#### [Your objective]
Please look for the string "told" below and report every line in which it occurs.

╔══

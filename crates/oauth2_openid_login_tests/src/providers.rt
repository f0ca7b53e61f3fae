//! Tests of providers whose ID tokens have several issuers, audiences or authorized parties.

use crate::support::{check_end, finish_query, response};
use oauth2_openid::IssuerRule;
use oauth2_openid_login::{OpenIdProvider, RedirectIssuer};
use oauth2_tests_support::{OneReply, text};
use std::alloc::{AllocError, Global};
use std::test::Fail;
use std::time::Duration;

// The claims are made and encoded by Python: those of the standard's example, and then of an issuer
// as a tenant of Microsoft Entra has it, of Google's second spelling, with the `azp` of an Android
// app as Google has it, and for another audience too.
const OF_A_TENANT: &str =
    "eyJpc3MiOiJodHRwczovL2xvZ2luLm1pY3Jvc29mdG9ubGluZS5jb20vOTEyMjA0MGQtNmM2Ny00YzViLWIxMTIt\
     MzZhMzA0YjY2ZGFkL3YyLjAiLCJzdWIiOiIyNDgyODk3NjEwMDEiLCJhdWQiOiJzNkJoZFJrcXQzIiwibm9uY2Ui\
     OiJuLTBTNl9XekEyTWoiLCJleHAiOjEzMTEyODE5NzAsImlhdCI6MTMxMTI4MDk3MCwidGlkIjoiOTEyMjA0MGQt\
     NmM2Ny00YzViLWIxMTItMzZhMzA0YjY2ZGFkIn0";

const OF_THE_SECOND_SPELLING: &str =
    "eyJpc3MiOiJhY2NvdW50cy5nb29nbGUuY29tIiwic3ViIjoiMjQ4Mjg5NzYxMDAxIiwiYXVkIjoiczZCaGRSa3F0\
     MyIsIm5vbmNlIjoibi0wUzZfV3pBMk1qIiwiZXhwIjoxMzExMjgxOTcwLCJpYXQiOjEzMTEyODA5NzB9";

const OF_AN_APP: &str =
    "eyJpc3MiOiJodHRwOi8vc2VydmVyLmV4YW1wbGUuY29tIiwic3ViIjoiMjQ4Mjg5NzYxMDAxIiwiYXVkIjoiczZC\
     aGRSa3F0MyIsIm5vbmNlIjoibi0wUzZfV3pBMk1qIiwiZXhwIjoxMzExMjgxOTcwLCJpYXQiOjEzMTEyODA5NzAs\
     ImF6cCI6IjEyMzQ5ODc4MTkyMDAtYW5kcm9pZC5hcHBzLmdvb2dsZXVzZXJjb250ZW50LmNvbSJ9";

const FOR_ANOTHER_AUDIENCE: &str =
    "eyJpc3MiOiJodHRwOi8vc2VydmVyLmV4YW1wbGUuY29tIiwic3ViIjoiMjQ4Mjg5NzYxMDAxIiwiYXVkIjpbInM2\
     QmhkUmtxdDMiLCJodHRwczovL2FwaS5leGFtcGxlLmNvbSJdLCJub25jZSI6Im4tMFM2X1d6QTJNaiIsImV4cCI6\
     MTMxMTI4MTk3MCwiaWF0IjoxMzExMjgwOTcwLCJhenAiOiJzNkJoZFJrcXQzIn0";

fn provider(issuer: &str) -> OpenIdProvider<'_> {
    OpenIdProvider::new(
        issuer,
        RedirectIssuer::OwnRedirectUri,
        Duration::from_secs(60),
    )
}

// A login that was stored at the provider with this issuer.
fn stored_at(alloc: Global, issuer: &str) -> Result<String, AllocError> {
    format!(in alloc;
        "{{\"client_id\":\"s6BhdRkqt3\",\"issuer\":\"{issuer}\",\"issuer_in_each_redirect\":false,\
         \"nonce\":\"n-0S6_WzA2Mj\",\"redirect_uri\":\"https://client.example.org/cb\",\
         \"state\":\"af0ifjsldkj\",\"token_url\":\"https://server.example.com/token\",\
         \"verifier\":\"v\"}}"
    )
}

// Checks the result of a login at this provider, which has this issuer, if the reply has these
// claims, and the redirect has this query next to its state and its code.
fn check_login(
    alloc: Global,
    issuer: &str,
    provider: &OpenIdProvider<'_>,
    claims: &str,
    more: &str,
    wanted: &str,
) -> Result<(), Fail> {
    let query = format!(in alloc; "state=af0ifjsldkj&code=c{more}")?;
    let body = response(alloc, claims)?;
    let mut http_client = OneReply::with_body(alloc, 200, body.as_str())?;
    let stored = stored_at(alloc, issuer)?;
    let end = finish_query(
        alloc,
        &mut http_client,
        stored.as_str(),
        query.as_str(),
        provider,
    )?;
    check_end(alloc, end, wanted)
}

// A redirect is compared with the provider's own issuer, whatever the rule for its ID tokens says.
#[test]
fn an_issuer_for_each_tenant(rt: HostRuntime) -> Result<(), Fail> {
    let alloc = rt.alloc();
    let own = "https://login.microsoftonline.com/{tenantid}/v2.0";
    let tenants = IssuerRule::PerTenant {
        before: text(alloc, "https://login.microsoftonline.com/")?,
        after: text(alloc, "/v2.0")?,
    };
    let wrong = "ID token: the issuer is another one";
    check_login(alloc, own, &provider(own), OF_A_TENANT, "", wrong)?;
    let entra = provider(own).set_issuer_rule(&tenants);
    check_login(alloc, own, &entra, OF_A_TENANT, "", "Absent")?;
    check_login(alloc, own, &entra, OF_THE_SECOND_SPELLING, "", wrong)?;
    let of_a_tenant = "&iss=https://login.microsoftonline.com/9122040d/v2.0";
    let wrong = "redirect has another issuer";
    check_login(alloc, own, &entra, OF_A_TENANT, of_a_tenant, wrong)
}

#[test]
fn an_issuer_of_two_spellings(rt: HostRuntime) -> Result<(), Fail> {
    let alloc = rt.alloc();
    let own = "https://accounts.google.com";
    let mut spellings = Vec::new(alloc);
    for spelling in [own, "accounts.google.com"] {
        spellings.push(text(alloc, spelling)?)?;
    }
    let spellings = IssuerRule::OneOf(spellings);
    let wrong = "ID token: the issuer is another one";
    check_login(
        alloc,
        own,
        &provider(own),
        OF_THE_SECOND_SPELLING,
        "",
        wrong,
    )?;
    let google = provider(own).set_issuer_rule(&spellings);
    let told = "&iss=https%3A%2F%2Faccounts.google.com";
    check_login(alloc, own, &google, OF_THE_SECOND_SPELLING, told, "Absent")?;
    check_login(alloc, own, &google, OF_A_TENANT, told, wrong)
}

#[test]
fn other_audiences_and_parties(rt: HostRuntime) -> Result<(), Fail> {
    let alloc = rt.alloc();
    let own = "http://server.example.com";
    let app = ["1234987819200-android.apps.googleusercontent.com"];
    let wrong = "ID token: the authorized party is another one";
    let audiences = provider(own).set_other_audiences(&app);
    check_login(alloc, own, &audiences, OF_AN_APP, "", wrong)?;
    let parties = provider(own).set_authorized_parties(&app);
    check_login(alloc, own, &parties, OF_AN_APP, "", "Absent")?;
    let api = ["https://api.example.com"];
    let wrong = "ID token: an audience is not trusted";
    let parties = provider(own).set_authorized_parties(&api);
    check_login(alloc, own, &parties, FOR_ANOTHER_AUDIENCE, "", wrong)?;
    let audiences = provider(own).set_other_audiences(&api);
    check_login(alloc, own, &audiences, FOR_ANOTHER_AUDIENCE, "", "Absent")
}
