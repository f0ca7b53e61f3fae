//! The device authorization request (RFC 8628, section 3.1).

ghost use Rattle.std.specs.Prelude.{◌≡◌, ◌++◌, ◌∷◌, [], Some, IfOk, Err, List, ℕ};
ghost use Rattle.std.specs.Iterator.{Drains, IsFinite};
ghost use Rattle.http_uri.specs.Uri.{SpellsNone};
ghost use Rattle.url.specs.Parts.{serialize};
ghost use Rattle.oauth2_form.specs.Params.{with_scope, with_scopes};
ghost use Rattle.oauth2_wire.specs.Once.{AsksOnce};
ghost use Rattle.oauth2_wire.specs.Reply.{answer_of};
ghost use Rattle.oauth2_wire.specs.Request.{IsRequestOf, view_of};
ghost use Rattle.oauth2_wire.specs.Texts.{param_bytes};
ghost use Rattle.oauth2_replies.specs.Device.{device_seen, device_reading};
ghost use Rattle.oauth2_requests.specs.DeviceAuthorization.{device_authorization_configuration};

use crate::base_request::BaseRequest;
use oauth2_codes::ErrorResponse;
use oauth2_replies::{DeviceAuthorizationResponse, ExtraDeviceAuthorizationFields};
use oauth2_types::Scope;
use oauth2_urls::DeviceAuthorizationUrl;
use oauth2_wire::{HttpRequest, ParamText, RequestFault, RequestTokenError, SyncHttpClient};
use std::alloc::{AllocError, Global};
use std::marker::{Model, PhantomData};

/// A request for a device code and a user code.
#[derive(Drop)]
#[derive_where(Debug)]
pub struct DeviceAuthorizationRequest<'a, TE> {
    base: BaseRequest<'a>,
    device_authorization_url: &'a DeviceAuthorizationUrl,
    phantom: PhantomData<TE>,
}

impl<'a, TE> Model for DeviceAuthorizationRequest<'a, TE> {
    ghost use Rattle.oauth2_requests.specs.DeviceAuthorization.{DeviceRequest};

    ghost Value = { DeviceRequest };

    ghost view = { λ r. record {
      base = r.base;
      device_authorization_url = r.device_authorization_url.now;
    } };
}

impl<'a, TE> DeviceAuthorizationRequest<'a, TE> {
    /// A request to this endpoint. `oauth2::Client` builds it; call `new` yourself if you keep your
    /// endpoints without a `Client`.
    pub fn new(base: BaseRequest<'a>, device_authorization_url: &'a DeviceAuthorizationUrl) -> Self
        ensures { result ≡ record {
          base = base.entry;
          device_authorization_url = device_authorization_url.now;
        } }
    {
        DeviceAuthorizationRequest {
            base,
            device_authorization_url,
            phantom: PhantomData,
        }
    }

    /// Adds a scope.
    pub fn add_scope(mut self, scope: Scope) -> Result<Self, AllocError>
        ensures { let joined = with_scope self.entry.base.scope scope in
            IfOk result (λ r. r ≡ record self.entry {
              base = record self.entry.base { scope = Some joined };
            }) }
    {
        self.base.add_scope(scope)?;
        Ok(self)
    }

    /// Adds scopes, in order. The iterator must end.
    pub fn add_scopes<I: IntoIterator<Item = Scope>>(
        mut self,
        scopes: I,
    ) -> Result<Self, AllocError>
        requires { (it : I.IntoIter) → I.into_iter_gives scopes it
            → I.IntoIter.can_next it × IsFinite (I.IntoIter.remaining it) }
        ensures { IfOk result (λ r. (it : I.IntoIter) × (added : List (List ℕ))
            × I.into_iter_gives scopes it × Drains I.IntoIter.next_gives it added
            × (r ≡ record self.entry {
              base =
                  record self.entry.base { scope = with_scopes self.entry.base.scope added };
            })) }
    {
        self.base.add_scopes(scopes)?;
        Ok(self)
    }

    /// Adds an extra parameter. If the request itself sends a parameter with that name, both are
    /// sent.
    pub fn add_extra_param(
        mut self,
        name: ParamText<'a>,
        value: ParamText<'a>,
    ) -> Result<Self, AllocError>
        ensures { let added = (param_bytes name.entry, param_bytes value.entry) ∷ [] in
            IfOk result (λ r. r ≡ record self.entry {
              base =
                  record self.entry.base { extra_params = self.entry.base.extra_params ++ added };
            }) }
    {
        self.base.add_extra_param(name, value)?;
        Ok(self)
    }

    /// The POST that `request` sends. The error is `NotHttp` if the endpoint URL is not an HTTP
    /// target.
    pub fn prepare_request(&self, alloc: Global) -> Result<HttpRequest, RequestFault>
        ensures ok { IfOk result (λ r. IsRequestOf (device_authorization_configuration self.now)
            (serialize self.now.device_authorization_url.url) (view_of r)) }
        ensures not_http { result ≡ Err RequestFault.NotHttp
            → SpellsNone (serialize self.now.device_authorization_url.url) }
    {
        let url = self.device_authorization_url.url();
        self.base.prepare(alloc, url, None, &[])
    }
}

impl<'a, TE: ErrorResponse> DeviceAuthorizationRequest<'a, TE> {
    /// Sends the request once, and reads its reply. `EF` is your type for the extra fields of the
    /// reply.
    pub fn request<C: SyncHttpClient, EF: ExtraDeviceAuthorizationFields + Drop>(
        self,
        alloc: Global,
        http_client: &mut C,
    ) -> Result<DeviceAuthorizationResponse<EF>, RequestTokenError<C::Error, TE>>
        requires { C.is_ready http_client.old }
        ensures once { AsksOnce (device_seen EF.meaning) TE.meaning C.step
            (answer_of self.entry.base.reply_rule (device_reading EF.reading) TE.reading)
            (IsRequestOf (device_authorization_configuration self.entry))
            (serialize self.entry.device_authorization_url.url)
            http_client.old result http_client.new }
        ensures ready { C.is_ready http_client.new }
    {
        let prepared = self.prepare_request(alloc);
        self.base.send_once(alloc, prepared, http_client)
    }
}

╚══

#### [Output below]
    let told = "&iss=https%3A%2F%2Faccounts.google.com";
    check_login(alloc, own, &google, OF_THE_SECOND_SPELLING, told, "Absent")?;
    check_login(alloc, own, &google, OF_A_TENANT, told, wrong)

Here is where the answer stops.